= Directions for this task =
The reply should consist of one number, the count of lines below in which the word "arithmetic" appears.
########################################
ghost use Rattle.std.specs.Prelude.{◌≡◌, [], ◌∷◌, map, IfOk, OnOk};
ghost use Rattle.shell_marks.specs.declared.marked.Mark.TheVariants.{Literal};
ghost use Rattle.word_meaning.specs.Marks.{as_value as as_value_of, bytes_of, emitted, followed, given, in_quotes as in_quotes_of, listed, quoted_text};
ghost use Rattle.expand_marks.specs.Seen.{given_of};

use crate::lists::{Listing, put_list};
use crate::texts::{as_results, close_quotes, put_quoted, put_text};
use eb_bytes::{Bytes, Memory};
use shell_marks::{Mark, Marked, Origin};
use std::alloc::Global;

/// What parts of a word give.
#[derive(Drop)]
pub struct Given {
    /// Their marks.
    pub marks: Marked,
    /// Whether one of them is a list in double quotes that has no elements.
    pub has_no_elements: bool,
}

impl Given {
    /// No marks. Takes no memory.
    pub fn new(alloc: Global) -> Given
        ensures { given_of result ≡ given [] }
    {
        Given {
            marks: Marked::new(alloc),
            has_no_elements: false,
        }
    }

    /// One mark.
    ///
    /// # Errors
    /// `Memory` where there is no room for it.
    pub fn of_mark(alloc: Global, mark: Mark) -> Result<Given, Memory>
        ensures { IfOk result (λ g. given_of g ≡ given (mark ∷ [])) }
    {
        let mut marks = Marked::new(alloc);
        marks.push(mark)?;
        Ok(Given {
            marks,
            has_no_elements: false,
        })
    }

    /// The text of an expansion: quoted in double quotes, else as a result, which is split.
    ///
    /// # Errors
    /// `Memory` where there is no room for it.
    pub fn of_text(alloc: Global, quoted: bool, text: &[u8]) -> Result<Given, Memory>
        ensures { IfOk result (λ g. given_of g ≡ given (emitted quoted text.now)) }
    {
        let mut marks = Marked::new(alloc);
        put_text(&mut marks, quoted, text)?;
        Ok(Given {
            marks,
            has_no_elements: false,
        })
    }

    /// A text in quotes.
    ///
    /// # Errors
    /// `Memory` where there is no room for it.
    pub fn of_quoted(alloc: Global, text: &[u8]) -> Result<Given, Memory>
        ensures { IfOk result (λ g. given_of g ≡ given (quoted_text text.now)) }
    {
        let mut marks = Marked::new(alloc);
        put_quoted(&mut marks, text)?;
        Ok(Given {
            marks,
            has_no_elements: false,
        })
    }

    /// Bytes of the script that are not quoted.
    ///
    /// # Errors
    /// `Memory` where there is no room for them.
    pub fn of_bytes(alloc: Global, text: &[u8]) -> Result<Given, Memory>
        ensures { IfOk result (λ g. given_of g ≡ given (map Literal text.now)) }
    {
        let mut marks = Marked::new(alloc);
        marks.extend(text, Origin::Literal)?;
        Ok(Given {
            marks,
            has_no_elements: false,
        })
    }

    /// A list.
    ///
    /// # Errors
    /// `Memory` where there is no room for it.
    pub fn of_list(alloc: Global, listing: &Listing<'_>, texts: &[Bytes]) -> Result<Given, Memory>
        ensures { IfOk result (λ g. given_of g ≡ listed listing.now.mode listing.now.quoted listing.now.star listing.now.first_of_ifs.now texts.now) }
    {
        let mut marks = Marked::new(alloc);
        let has_no_elements = put_list(alloc, &mut marks, listing, texts)?;
        Ok(Given {
            marks,
            has_no_elements,
        })
    }

    /// Puts what comes next behind it.
    ///
    /// # Errors
    /// `Memory` where there is no room for it.
    pub fn follow(&mut self, more: &Given) -> Result<(), Memory>
        ensures { OnOk result (given_of self.new ≡ followed (given_of self.old) (given_of more.now)) }
    {
        self.marks.append(more.marks.as_slice())?;
        self.has_no_elements = self.has_no_elements || more.has_no_elements;
        Ok(())
    }

    /// The same in double quotes.
    ///
    /// # Errors
    /// `Memory` where there is no room for a mark.
    pub fn in_quotes(self) -> Result<Given, Memory>
        ensures { IfOk result (λ g. given_of g ≡ in_quotes_of (given_of self)) }
    {
        let mut marks = self.marks;
        close_quotes(&mut marks, self.has_no_elements)?;
        Ok(Given {
            marks,
            has_no_elements: false,
        })
    }

    /// The same as a word that stands for a value.
    ///
    /// # Errors
    /// `Memory` where there is no room for it.
    pub fn as_value(&self, alloc: Global) -> Result<Given, Memory>
        ensures { IfOk result (λ g. given_of g ≡ as_value_of (given_of self.now)) }
    {
        let marks = as_results(alloc, self.marks.as_slice())?;
        Ok(Given {
            marks,
            has_no_elements: false,
        })
    }

    /// The text that quote removal leaves.
    ///
    /// # Errors
    /// `Memory` where there is no room for it.
    pub fn bytes(&self, alloc: Global) -> Result<Bytes, Memory>
        ensures { IfOk result (λ text. text ≡ bytes_of (given_of self.now)) }
    {
        self.marks.unquoted(alloc)
    }
}
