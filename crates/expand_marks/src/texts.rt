ghost use Rattle.std.specs.Prelude.{◌≡◌, ◌++◌, map, IfOk, OnOk, if◌then◌else◌};
ghost use Rattle.word_meaning.specs.Marks.{emitted, or_empty, quoted_text, result as as_result};

use eb_bytes::Memory;
use shell_marks::{Mark, Marked, Origin};
use std::alloc::Global;

/// Puts the text of an expansion at the end: quoted in double quotes, else as a result, which is split.
///
/// # Errors
/// `Memory` where there is no room for it.
pub fn put_text(marks: &mut Marked, quoted: bool, text: &[u8]) -> Result<(), Memory>
    ensures { OnOk result (marks.new ≡ marks.old ++ emitted quoted text.now) }
{
    if quoted {
        marks.extend(text, Origin::Quoted)
    } else {
        marks.extend(text, Origin::Result)
    }
}

/// Puts a text in quotes at the end: quotes round nothing are a mark too.
///
/// # Errors
/// `Memory` where there is no room for it.
pub fn put_quoted(marks: &mut Marked, text: &[u8]) -> Result<(), Memory>
    ensures { OnOk result (marks.new ≡ marks.old ++ quoted_text text.now) }
{
    if text.is_empty() {
        marks.push(Mark::Empty)
    } else {
        marks.extend(text, Origin::Quoted)
    }
}

/// Ends double quotes round these marks: where they are none, the quotes are a mark, unless a list without elements stood
/// in them.
///
/// # Errors
/// `Memory` where there is no room for a mark.
pub fn close_quotes(marks: &mut Marked, has_no_elements: bool) -> Result<(), Memory>
    ensures { OnOk result (marks.new ≡ (if has_no_elements then marks.old else or_empty marks.old)) }
{
    if !has_no_elements && marks.as_slice().is_empty() {
        marks.push(Mark::Empty)
    } else {
        Ok(())
    }
}

// A byte of an operator's word as a result of the expansion, where it is not quoted.
fn as_result_mark(mark: Mark) -> Mark
    ensures { result ≡ as_result mark }
{
    match mark {
        Mark::Literal(byte) => Mark::Result(byte),
        other => other,
    }
}

/// These marks as those of a word that stands for a value: its bytes are a result of the expansion, where they are not
/// quoted.
///
/// # Errors
/// `Memory` where there is no room for them.
pub fn as_results(alloc: Global, marks: &[Mark]) -> Result<Marked, Memory>
    ensures { IfOk result (λ results. results ≡ map as_result marks.now) }
{
    let mut results = Marked::new(alloc);
    for mark in marks {
        results.push(as_result_mark(*mark))?;
    }
    Ok(results)
}
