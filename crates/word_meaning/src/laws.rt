//! Laws: facts about the definitions that no single call shows. The first four say that an expansion gives no step back
//! and loses no name that was asked, the others that it closes what it opens, where this holds of each substitution in it.
ghost use Rattle.word_meaning.specs.Laws.{ElementsLast, ExpansionsClose, FieldsLast, TextsClose, TextsLast, WordsLast};

/// It holds of a list of words.
pub fn fields_last()
    ensures { FieldsLast }
{}

/// It holds of an assigned value, of a word that gives one text, and of a pattern.
pub fn words_last()
    ensures { WordsLast }
{}

/// It holds of a here-document, of an arithmetic text and of the subscript of an assignment.
pub fn texts_last()
    ensures { TextsLast }
{}

/// It holds of the literal of an array.
pub fn elements_last()
    ensures { ElementsLast }
{}

/// An expansion of words closes what it opens: a list of words, an array's literal, an assigned value, a word that gives one
/// text, and a pattern.
pub fn expansions_close()
    ensures { ExpansionsClose }
{}

/// So does a here-document, an arithmetic text and the subscript of an assignment.
pub fn texts_close()
    ensures { TextsClose }
{}
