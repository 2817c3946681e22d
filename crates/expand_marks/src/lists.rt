ghost use Rattle.std.specs.Prelude.{◌≡◌, ◌++◌, IfOk, OnOk};
ghost use Rattle.word_meaning.specs.Marks.{apart, between as between_of, element, listed, stay_apart as stay_apart_of, together};

use crate::texts::{put_quoted, put_text};
use eb_bytes::{Bytes, Memory};
use shell_marks::{Mark, Marked};
use std::alloc::Global;
use word_meaning::Mode;

/// The elements of a list as one text, with a blank between each two; those of `*` with the first byte of IFS.
///
/// # Errors
/// `Memory` where there is no room for it.
pub fn join(
    alloc: Global,
    star: bool,
    first_of_ifs: &[u8],
    texts: &[Bytes],
) -> Result<Bytes, Memory>
    ensures { IfOk result (λ text. text ≡ together star first_of_ifs.now texts.now) }
{
    let mut joined = Bytes::new(alloc);
    let [first, others @ ..] = texts else {
        return Ok(joined);
    };
    joined.extend(first.as_slice())?;
    for text in others {
        joined.extend(between(star, first_of_ifs))?;
        joined.extend(text.as_slice())?;
    }
    Ok(joined)
}

// What stands between joined elements.
fn between<'a>(star: bool, first_of_ifs: &'a [u8]) -> &'a [u8]
    ensures { result.now ≡ between_of star first_of_ifs.now }
{
    if star { first_of_ifs } else { b" " }
}

// Puts an element that stays apart at the end.
fn put_element(marks: &mut Marked, quoted: bool, text: &[u8]) -> Result<(), Memory>
    ensures { OnOk result (marks.new ≡ marks.old ++ element quoted text.now) }
{
    if quoted {
        put_quoted(marks, text)
    } else {
        put_text(marks, false, text)
    }
}

// Puts the elements at the end, with a border between each two.
fn put_apart(marks: &mut Marked, quoted: bool, texts: &[Bytes]) -> Result<(), Memory>
    ensures { OnOk result (marks.new ≡ marks.old ++ apart quoted texts.now) }
{
    let [first, others @ ..] = texts else {
        return Ok(());
    };
    put_element(marks, quoted, first.as_slice())?;
    for text in others {
        marks.push(Mark::Break)?;
        put_element(marks, quoted, text.as_slice())?;
    }
    Ok(())
}

// Whether the elements stay apart.
fn stay_apart(mode: Mode, quoted: bool, star: bool) -> bool
    ensures { result ≡ stay_apart_of mode quoted star }
{
    match mode {
        Mode::Fields => !(quoted && star),
        Mode::Text => false,
    }
}

/// How a list stands in a word.
#[derive(Clone, Copy)]
pub struct Listing<'a> {
    /// Whether its elements may be fields.
    pub mode: Mode,
    /// Whether it stands in double quotes.
    pub quoted: bool,
    /// Whether it is one of `*`.
    pub star: bool,
    /// The first byte of IFS, or nothing.
    pub first_of_ifs: &'a [u8],
}

/// Puts a list at the end, and answers whether it is one in double quotes that has no elements.
///
/// # Errors
/// `Memory` where there is no room for it.
pub fn put_list(
    alloc: Global,
    marks: &mut Marked,
    listing: &Listing<'_>,
    texts: &[Bytes],
) -> Result<bool, Memory>
    ensures marks { OnOk result (marks.new ≡ marks.old ++ (listed listing.now.mode listing.now.quoted listing.now.star listing.now.first_of_ifs.now texts.now).marks) }
    ensures none { IfOk result (λ none. none ≡ (listed listing.now.mode listing.now.quoted listing.now.star listing.now.first_of_ifs.now texts.now).has_no_elements) }
{
    if stay_apart(listing.mode, listing.quoted, listing.star) {
        put_apart(marks, listing.quoted, texts)?;
    } else {
        let joined = join(alloc, listing.star, listing.first_of_ifs, texts)?;
        put_text(marks, listing.quoted, joined.as_slice())?;
    }
    Ok(listing.quoted && !listing.star && texts.is_empty())
}
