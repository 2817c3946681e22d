ghost use Rattle.std.specs.Prelude.{◌≡◌};
ghost use Rattle.std.specs.List.{list_all};
ghost use Rattle.byte_class.specs.Class as class;

/// Whether this is the byte 0, which no text of a shell holds.
pub fn is_nul(byte: u8) -> bool
    ensures { result ≡ class.is_nul byte }
{
    byte == 0
}

/// Whether this is a blank or a tab.
pub fn is_blank(byte: u8) -> bool
    ensures { result ≡ class.is_blank byte }
{
    matches!(byte, b' ' | b'\t')
}

/// Whether this stands between two words: a blank, tab or newline.
pub fn is_space(byte: u8) -> bool
    ensures { result ≡ class.is_space byte }
{
    matches!(byte, b' ' | b'\t' | b'\n')
}

/// Whether this is a newline.
pub fn is_newline(byte: u8) -> bool
    ensures { result ≡ class.is_newline byte }
{
    byte == b'\n'
}

/// Whether this is one of `0` to `9`.
pub fn is_digit(byte: u8) -> bool
    ensures { result ≡ class.is_digit byte }
{
    byte.is_ascii_digit()
}

/// Whether this is one of `a` to `z`.
pub fn is_lower(byte: u8) -> bool
    ensures { result ≡ class.is_lower byte }
{
    byte.is_ascii_lowercase()
}

/// Whether this is one of `A` to `Z`.
pub fn is_upper(byte: u8) -> bool
    ensures { result ≡ class.is_upper byte }
{
    byte.is_ascii_uppercase()
}

/// Whether this is one of `A` to `Z` or `a` to `z`.
pub fn is_letter(byte: u8) -> bool
    ensures { result ≡ class.is_letter byte }
{
    is_upper(byte) || is_lower(byte)
}

/// Whether this is a letter or a digit.
pub fn is_letter_or_digit(byte: u8) -> bool
    ensures { result ≡ class.is_letter_or_digit byte }
{
    is_letter(byte) || is_digit(byte)
}

/// Whether a name may begin with this: a letter or `_`.
pub fn is_name_start(byte: u8) -> bool
    ensures { result ≡ class.is_name_start byte }
{
    is_letter(byte) || byte == b'_'
}

/// Whether a name may hold this: a letter, a digit or `_`.
pub fn is_name_byte(byte: u8) -> bool
    ensures { result ≡ class.is_name_byte byte }
{
    is_name_start(byte) || is_digit(byte)
}

fn are_name_bytes(text: &[u8]) -> bool
    ensures { result ≡ list_all class.is_name_byte text.now }
{
    text.iter().all(|byte| is_name_byte(*byte))
}

/// Whether a text is a name of a shell variable or function: letters, digits and `_`, at least one, the first no digit
/// (Bash Reference Manual, "Definitions").
pub fn is_name(text: &[u8]) -> bool
    ensures { result ≡ class.is_name text.now }
{
    match text {
        [first, others @ ..] => { is_name_start(*first) && are_name_bytes(others) }
        [] => false,
    }
}
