//! What the expansion of words means: from the parts of a word to the texts that a command gets.
#![tactic(auto)]

pub mod laws;
mod mode;

pub use mode::{Mode, Tildes};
########################################
= Expected answer =
2